[DATASET RECORDS Boundary: Start]

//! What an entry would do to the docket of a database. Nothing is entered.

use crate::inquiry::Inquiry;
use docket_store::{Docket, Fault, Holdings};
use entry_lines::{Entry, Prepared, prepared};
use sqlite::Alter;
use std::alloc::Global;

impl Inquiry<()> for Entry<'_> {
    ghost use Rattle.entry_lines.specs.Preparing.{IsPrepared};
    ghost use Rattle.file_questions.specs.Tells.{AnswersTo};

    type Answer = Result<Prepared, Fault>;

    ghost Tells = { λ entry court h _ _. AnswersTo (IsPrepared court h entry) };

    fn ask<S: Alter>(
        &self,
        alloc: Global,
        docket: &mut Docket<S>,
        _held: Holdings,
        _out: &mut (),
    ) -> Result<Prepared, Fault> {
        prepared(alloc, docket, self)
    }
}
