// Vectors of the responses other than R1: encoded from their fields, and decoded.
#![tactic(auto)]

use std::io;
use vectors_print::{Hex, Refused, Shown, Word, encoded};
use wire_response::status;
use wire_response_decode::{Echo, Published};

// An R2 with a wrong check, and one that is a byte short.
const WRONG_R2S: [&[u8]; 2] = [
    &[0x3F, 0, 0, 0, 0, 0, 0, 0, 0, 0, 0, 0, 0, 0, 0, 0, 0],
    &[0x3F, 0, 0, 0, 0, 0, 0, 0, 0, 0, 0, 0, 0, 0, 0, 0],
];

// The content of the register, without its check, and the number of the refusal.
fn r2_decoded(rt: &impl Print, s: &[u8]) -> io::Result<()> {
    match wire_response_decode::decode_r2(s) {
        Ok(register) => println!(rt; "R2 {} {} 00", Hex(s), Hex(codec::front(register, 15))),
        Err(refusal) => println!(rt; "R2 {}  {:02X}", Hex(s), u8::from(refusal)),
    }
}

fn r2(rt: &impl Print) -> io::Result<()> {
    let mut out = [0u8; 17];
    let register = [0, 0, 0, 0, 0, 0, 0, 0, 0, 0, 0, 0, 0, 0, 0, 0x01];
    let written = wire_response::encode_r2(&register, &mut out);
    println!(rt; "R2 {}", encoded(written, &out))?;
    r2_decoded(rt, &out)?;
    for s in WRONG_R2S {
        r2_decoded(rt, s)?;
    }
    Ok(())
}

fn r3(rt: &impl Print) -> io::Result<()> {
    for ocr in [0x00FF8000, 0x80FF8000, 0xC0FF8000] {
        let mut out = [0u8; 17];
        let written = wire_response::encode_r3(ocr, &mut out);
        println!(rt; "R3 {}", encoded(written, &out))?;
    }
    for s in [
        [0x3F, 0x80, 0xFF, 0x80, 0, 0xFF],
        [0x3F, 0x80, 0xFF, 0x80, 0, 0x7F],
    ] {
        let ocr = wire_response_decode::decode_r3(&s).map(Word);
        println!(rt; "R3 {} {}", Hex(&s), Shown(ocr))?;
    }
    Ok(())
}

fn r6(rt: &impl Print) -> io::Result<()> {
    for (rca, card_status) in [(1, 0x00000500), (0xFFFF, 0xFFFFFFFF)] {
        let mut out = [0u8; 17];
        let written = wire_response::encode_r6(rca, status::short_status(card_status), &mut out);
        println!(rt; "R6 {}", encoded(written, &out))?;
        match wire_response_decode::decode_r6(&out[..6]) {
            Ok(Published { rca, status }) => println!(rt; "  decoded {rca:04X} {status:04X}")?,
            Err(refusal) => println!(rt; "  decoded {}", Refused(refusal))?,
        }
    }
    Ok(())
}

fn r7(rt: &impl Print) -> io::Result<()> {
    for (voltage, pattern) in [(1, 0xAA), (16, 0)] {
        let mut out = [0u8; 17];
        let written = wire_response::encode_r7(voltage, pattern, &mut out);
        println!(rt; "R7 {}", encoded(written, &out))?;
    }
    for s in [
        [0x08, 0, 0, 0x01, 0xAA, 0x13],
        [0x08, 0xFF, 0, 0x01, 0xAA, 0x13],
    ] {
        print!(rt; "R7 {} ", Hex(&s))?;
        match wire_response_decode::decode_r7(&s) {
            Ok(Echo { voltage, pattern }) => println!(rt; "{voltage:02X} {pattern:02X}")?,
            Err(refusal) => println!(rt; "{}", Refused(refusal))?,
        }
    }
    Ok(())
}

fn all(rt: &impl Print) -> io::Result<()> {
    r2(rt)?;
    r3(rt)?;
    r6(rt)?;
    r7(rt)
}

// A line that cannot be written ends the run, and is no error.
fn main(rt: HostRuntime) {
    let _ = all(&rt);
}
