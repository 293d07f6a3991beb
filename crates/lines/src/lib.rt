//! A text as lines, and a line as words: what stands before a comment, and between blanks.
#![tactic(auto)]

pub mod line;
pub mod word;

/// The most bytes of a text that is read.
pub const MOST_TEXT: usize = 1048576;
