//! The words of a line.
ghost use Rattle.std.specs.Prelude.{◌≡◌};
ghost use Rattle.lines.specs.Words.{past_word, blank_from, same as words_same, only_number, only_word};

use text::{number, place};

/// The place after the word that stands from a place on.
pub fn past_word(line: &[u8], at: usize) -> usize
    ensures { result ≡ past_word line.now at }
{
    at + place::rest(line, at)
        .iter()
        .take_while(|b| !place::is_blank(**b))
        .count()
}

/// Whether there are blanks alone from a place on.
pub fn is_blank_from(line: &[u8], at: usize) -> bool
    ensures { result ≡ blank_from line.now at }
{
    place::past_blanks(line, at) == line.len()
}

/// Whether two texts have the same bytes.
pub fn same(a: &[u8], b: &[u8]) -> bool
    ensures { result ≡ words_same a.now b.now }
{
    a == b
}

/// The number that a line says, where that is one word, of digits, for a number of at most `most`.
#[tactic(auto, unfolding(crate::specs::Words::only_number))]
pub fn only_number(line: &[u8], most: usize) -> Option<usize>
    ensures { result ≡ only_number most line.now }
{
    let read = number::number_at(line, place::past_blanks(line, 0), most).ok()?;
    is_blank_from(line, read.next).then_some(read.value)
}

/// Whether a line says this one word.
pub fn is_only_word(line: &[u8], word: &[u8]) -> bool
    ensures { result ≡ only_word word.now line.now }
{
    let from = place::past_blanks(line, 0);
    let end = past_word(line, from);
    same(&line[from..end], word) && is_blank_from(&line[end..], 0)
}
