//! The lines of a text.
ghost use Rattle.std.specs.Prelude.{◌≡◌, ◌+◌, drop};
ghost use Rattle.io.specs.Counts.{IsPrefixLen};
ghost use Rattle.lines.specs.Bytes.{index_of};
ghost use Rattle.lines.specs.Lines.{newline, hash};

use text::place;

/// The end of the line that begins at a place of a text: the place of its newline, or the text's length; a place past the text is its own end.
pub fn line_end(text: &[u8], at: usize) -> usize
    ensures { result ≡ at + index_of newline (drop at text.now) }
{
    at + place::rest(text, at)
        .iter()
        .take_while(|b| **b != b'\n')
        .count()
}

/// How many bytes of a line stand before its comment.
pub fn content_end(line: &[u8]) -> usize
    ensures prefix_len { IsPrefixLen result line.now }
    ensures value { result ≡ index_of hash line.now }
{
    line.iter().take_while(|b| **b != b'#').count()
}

[DATASET RECORDS Boundary: End]

[TASK INSTRUCTIONS]: Could you show every line of the material that includes the string "Echo"?

[ANSWER SPACE]:
use wire_response_decode::{Echo, Published};
            Ok(Echo { voltage, pattern }) => println!(rt; "{voltage:02X} {pattern:02X}")?,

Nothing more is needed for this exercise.